My fifth tactic could be risky, feign eccentricity. As the tout approaches me and is about to ask “Would you like a guide so that you can learn all about this site?” I start talking to myself, out-loud. I talk about statues, mythical stories, other historic sites similar or different from the one I’m visiting. I talk about anything. As a professor, I can talk for a good hour without taking a breath. Like students, most touts don’t want to listen to me for an hour. The tout walks away to find somebody else who isn’t crazy.  I haven’t used this strategy on this trip yet. I’m holding it in reserve.

Although I am annoyed by touts and have obviously designed strategies to handle the annoyance, I also grudgingly respect them. When I imagine myself in their situation, I realize that I would want to do something to make money. Like them, I’m not going to beg; I’m not going to steal. Knowing that no local will want a flute, a carved elephant, a tour of a historical site, I plug away offering my services to the folks who might want those items, tourists. Furthermore, I know that those who are westerners and those who are East Asian have money, otherwise they wouldn’t be here. Maybe, just maybe, I’ll be able to make a sale.

 Because I don’t want to lose you, the reader, I’ll keep my next comment brief. Post-Colonial and Subaltern academicians sometimes portray the world in either-or terms, in binary categories. The victimizing Colonizers or Imperialists, the victimized locals. The all-powerful global Citibank or HSBC; the local fellow with a pushcart selling bananas. While helping us recognize that the dynamics of power and wealth permeate all situations, these academicians may become caught in ideological explanation rather than accurate historical description. I want to acknowledge the dynamics of power and wealth. I have the power and wealth to come to Kathmandu. The tout has little power compared to me, but he can choose where he’ll sell his goods, whom he’ll approach, and for how much he’ll charge. Maybe not much the tout can do, but he can still do something. While there is a vast difference, I don’t want to completely ignore that the tout is actively responding to his given situation. He is being more than a victim of global power and wealth dynamics.

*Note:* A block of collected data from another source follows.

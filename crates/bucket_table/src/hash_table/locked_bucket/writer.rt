//! A bucket that is found for a writer and locked: lent with its table.
//!
//! Model: `LockedBucket`, the table, a side and an index.
//! Invariant (`IsLocked`): a current bucket has all its sources killed; an old one isn't killed,
//! and every current bucket is vacant, as after a resize before the first pair moves.
//!
//! Ports `writer_sync`, `try_reserve_bucket`, `optional_writer_sync` and `try_optional_writer` of
//! scc's `src/hash_table.rs`.
ghost use Rattle.std.specs.Prelude.{ℕ, ◌≡◌, ◌<◌, [], Err, IfErr, IfOk, IfSome, IfNone, IsOk, OnOk};
ghost use Rattle.std.specs.Prelude.{length};
ghost use Rattle.std.specs.Borrow.{RestsIfErr, RestsIfNone, sem};
ghost use Rattle.bucket_slots.specs.Homes.{IsHome};
ghost use Rattle.bucket_table.specs.Views.ArraysView.{pairs_of};
ghost use Rattle.bucket_table.specs.Map.Finding.{Finds, FindsBucket};
ghost use Rattle.bucket_table.specs.Map.Free.{MayLockAtOnce};
ghost use Rattle.bucket_table.specs.Map.Refusing.{IsRefused};
ghost use Rattle.bucket_table.specs.Views.TableRow.{table_row};
ghost use Rattle.bucket_table.specs.Views.Locking.{IsLocked};
ghost use Rattle.bucket_table.specs.Map.Preparing.{HomeNeedsMemory, IsMissing, IsPrepared, IsReady};
ghost use Rattle.bucket_table.specs.Views.Sides.{buckets_on};
ghost use Rattle.bucket_table.specs.declared.arrays.side.Side.TheVariants.{Current};
ghost use Rattle.bucket_table.specs.declared.hash_table.ResizeRule.{ResizeRule};
ghost use Rattle.bucket_table.specs.declared.hash_table.ResizeRule.TheVariants.{Sampled};

use crate::arrays::Side;
use crate::hash_table::{HashTable, LockedBucket, Missing, ResizeRule};
use crate::key_hash::KeyHash;
use bucket_slots::lru::LruList;
use std::alloc::AllocError;

impl<K: Eq + Drop, V: Drop, H: KeyHash<K>, L: LruList + Drop, const TYPE: u8> HashTable<
    K,
    V,
    H,
    L,
    TYPE,
> {
    /// Works a unit, and moves the sources of the home of a hash.
    ///
    /// # Errors
    ///
    /// There is no array, and so no pair; or there is an old array and allocation failed: a source
    /// of the home isn't killed.
    ///
    /// O(unit). scc: `HashTable::dedup_bucket_sync`, `incremental_rehash_sync`.
    #[inline(always)]
    pub fn fetch_home(&mut self, hash: u64) -> Result<(), Missing>
        ensures prepared { IsPrepared TYPE hash self.old self.new }
        ensures ready { OnOk result (IsReady self.new.arrays hash) }
        ensures missing { IfErr result (λ missing. IsMissing missing self.old.arrays) }
        ensures wanted { result ≡ Err Missing.Memory
            → HomeNeedsMemory hash self.old.arrays self.new.arrays }
        ensures empty { result ≡ Err Missing.Nothing → pairs_of self.new.arrays ≡ [] }
    {
        let is_ready = self.arrays.fetch_home(&self.hasher, hash);
        self.arrays.fact_sound();
        is_ready
    }

    /// Finds the bucket for a writer of a hash, and returns its side and its index.
    ///
    /// If the rule is `ResizeRule::Counted` and the home is overfull, the slots are doubled, and
    /// the bucket is the home in the array that has just become the old one. Otherwise a unit is
    /// worked, and a first array is allocated if there is none. Then, if the home is nearly full
    /// and many slots near it are live, the table is resized, and the bucket is again one of the
    /// old array.
    ///
    /// # Errors
    ///
    /// Allocation failed, either for a first array, or while there is an old array: then a source
    /// of the home isn't killed.
    ///
    /// O(unit; buckets that a resize makes).
    #[inline(always)]
    pub fn find(&mut self, hash: u64, rule: ResizeRule) -> Result<(Side, usize), AllocError>
        ensures { Finds rule TYPE hash self.old result self.new }
    {
        self.fact_sound();
        match rule {
            ResizeRule::Sampled => self.find_by_plan(hash),
            ResizeRule::Counted => match self.grow_if_overfull(hash) {
                Ok(true) => Ok((Side::Old, self.arrays.old_home(hash))),
                Ok(false) => self.find_by_plan(hash),
                Err(_) => self.find_by_plan(hash),
            },
        }
    }

    /// Finds the bucket for a writer of a hash, without growing for an overfull home.
    #[inline(always)]
    fn find_by_plan(&mut self, hash: u64) -> Result<(Side, usize), AllocError>
        ensures { (rule : ResizeRule) → Finds rule TYPE hash self.old result self.new }
    {
        self.arrays.find(&self.hasher, hash)
    }

    /// Locks a bucket of one side, as returned by `find`.
    ///
    /// A current bucket can be locked if all its sources are killed. An old one can be locked from
    /// a resize until the first pair moves, that is, while it isn't killed and every current bucket
    /// is vacant.
    ///
    /// O(1).
    #[inline(always)]
    pub fn lock(&mut self, side: Side, index: usize) -> LockedBucket<'_, K, V, H, L, TYPE>
        requires { IsLocked self.old.arrays side index }
        ensures same_table { result.table.ghost_name ≡ self.entry.ghost_name }
        ensures unchanged { result.table.now ≡ self.old }
        ensures side { result.side ≡ side }
        ensures index { result.index ≡ index }
    {
        LockedBucket {
            table: self,
            side,
            index,
        }
    }

    /// Locks the home of a hash in the current array, whose sources are killed.
    ///
    /// O(1).
    pub fn lock_home(&mut self, hash: u64) -> LockedBucket<'_, K, V, H, L, TYPE>
        requires ready { IsReady self.old.arrays hash }
        ensures same_table { result.table.ghost_name ≡ self.entry.ghost_name }
        ensures unchanged { result.table.now ≡ self.old }
        ensures side { result.side ≡ Current }
        ensures home { IsHome
            (length result.table.now.arrays.current) hash result.index }
    {
        let index = self.arrays.home(hash);
        LockedBucket {
            table: self,
            side: Side::Current,
            index,
        }
    }

    /// Finds the bucket for a writer of a hash as `find` does, and locks it.
    ///
    /// # Errors
    ///
    /// Allocation failed, either for a first array, or while there is an old array: then a source
    /// of the home isn't killed. This can't happen if there is a current array and no old one.
    ///
    /// O(unit; buckets that a resize makes). scc: `HashTable::writer_sync`.
    #[inline(always)]
    pub fn writer_sync(
        &mut self,
        hash: u64,
    ) -> Result<LockedBucket<'_, K, V, H, L, TYPE>, AllocError>
        ensures* rests { sem 𝓛 (RestsIfErr
            (table_row K.row V.row H.row L.row TYPE.row K.PartialEq H.KeyHash
            (record { KEEPS = L.KEEPS; listed = L.listed; IsTail = L.IsTail }) L.Default)
            self.entry (λ locked. locked.table.ghost_name) result (IsRefused TYPE hash self.old)) }
        ensures same_table { IfOk result (λ locked. locked.table.ghost_name
            ≡ self.entry.ghost_name) }
        ensures found { IfOk result (λ locked.
            FindsBucket Sampled TYPE hash self.old locked.side locked.index locked.table.now) }
        ensures succeeds { length self.old.arrays.linked ≡ 0 → 0 < length self.old.arrays.current
            → IsOk result }
    {
        match self.find(hash, ResizeRule::Sampled) {
            Ok((side, index)) => Ok(self.lock(side, index)),
            Err(refused) => Err(refused),
        }
    }

    /// Locks the bucket that `writer_sync` locks, since no other lock can be held.
    ///
    /// # Errors
    ///
    /// Those of `writer_sync`.
    ///
    /// O(unit; buckets that a resize makes). scc: `HashTable::try_reserve_bucket`.
    pub fn try_reserve_bucket(
        &mut self,
        hash: u64,
    ) -> Result<LockedBucket<'_, K, V, H, L, TYPE>, AllocError>
        ensures* rests { sem 𝓛 (RestsIfErr
            (table_row K.row V.row H.row L.row TYPE.row K.PartialEq H.KeyHash
            (record { KEEPS = L.KEEPS; listed = L.listed; IsTail = L.IsTail }) L.Default)
            self.entry (λ locked. locked.table.ghost_name) result (IsRefused TYPE hash self.old)) }
        ensures same_table { IfOk result (λ locked. locked.table.ghost_name
            ≡ self.entry.ghost_name) }
        ensures found { IfOk result (λ locked.
            FindsBucket Sampled TYPE hash self.old locked.side locked.index locked.table.now) }
        ensures succeeds { length self.old.arrays.linked ≡ 0 → 0 < length self.old.arrays.current
            → IsOk result }
    {
        self.writer_sync(hash)
    }

    /// Works a unit, moves the sources of the home of a hash, and locks that home.
    ///
    /// # Errors
    ///
    /// There is no array, and so no pair; or there is an old array and allocation failed: a source
    /// of the home isn't killed.
    ///
    /// O(unit). scc: `HashTable::optional_writer_sync`.
    pub fn optional_writer_sync(
        &mut self,
        hash: u64,
    ) -> Result<LockedBucket<'_, K, V, H, L, TYPE>, Missing>
        ensures* rests { sem 𝓛 (RestsIfErr
            (table_row K.row V.row H.row L.row TYPE.row K.PartialEq H.KeyHash
            (record { KEEPS = L.KEEPS; listed = L.listed; IsTail = L.IsTail }) L.Default)
            self.entry (λ locked. locked.table.ghost_name) result
            (λ after. IsPrepared TYPE hash self.old after
            × (result ≡ Err Missing.Memory → HomeNeedsMemory hash self.old.arrays after.arrays))) }
        ensures same_table { IfOk result (λ locked. locked.table.ghost_name
            ≡ self.entry.ghost_name) }
        ensures prepared { IfOk result (λ locked. IsPrepared TYPE hash self.old locked.table.now) }
        ensures side { IfOk result (λ locked. locked.side ≡ Current) }
        ensures missing { IfErr result (λ missing. IsMissing missing self.old.arrays) }
        ensures home { IfOk result (λ locked.
            IsHome (length (buckets_on locked.table.now.arrays locked.side)) hash locked.index) }
        ensures empty { result ≡ Err Missing.Nothing → pairs_of self.old.arrays ≡ [] }
    {
        match self.fetch_home(hash) {
            Ok(()) => Ok(self.lock_home(hash)),
            Err(missing) => Err(missing),
        }
    }

    /// Locks the home of a hash without working a unit. Returns `None` if there is no array, if
    /// there is an old one, or if `CHECK_SIZE` is set and the home has 32 live pairs or more.
    ///
    /// Allocates nothing. O(1). scc: `HashTable::try_optional_writer`.
    pub fn try_optional_writer<const CHECK_SIZE: bool>(
        &mut self,
        hash: u64,
    ) -> Option<LockedBucket<'_, K, V, H, L, TYPE>>
        ensures* rests { sem 𝓛 (RestsIfNone
            (table_row K.row V.row H.row L.row TYPE.row K.PartialEq H.KeyHash
            (record { KEEPS = L.KEEPS; listed = L.listed; IsTail = L.IsTail }) L.Default)
            self.entry (λ locked. locked.table.ghost_name) result (λ after. after ≡ self.old)) }
        ensures same_table { IfSome result (λ locked. locked.table.ghost_name
            ≡ self.entry.ghost_name) }
        ensures unchanged { IfSome result (λ locked. locked.table.now ≡ self.old) }
        ensures side { IfSome result (λ locked. locked.side ≡ Current) }
        ensures free { IfSome result (λ locked.
            MayLockAtOnce CHECK_SIZE self.old.arrays hash locked.index) }
        ensures none { IfNone result
            ((index : ℕ) → MayLockAtOnce CHECK_SIZE self.old.arrays hash index → ⊥) }
    {
        match self.arrays.free_home(hash, CHECK_SIZE) {
            Some(index) => Some(self.lock(Side::Current, index)),
            None => None,
        }
    }
}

One final incident. I’m walking through Kathmandu’s Thamel area. A tout approaches me, like so many others playing a flute. He isn’t Nepalese. “Do you like my music? I need money. Won’t you buy one?” Wanting to be kind, I make the fatal mistake. “It is nice.” He latches onto me like Gorilla Superglue for several minutes. I try my diversion tactic. I ask about him. “Oh, I’ve been here for 25 years.” I ask: “Where did you come from originally?” “I came from Hamburg Germany.” Kidding, I ask “The Pied-Piper of Hamburg. Where are the children?” Although I’m not sure if he finds my comment funny, he laughs. After chatting for a few minutes, he realizes that I’m not buying a flute. We separate. Two days later I see him kneeling on the sidewalk arranging his bag of flutes. Walking over to him, I tap him on the shoulder. He smiles in recognition. He really smiles when I hand him some rupees. All I say is: “I don’t want a flute, but maybe you won’t have to sell as many today.” I grudgingly respected his efforts to make some money.

I still get annoyed at touts. Sometimes I get really annoyed. Yet, at other times, while I don’t know either why for they are a tout or how they’ll choose to use the money they will earn, I grudgingly respect that they are trying to do what they can.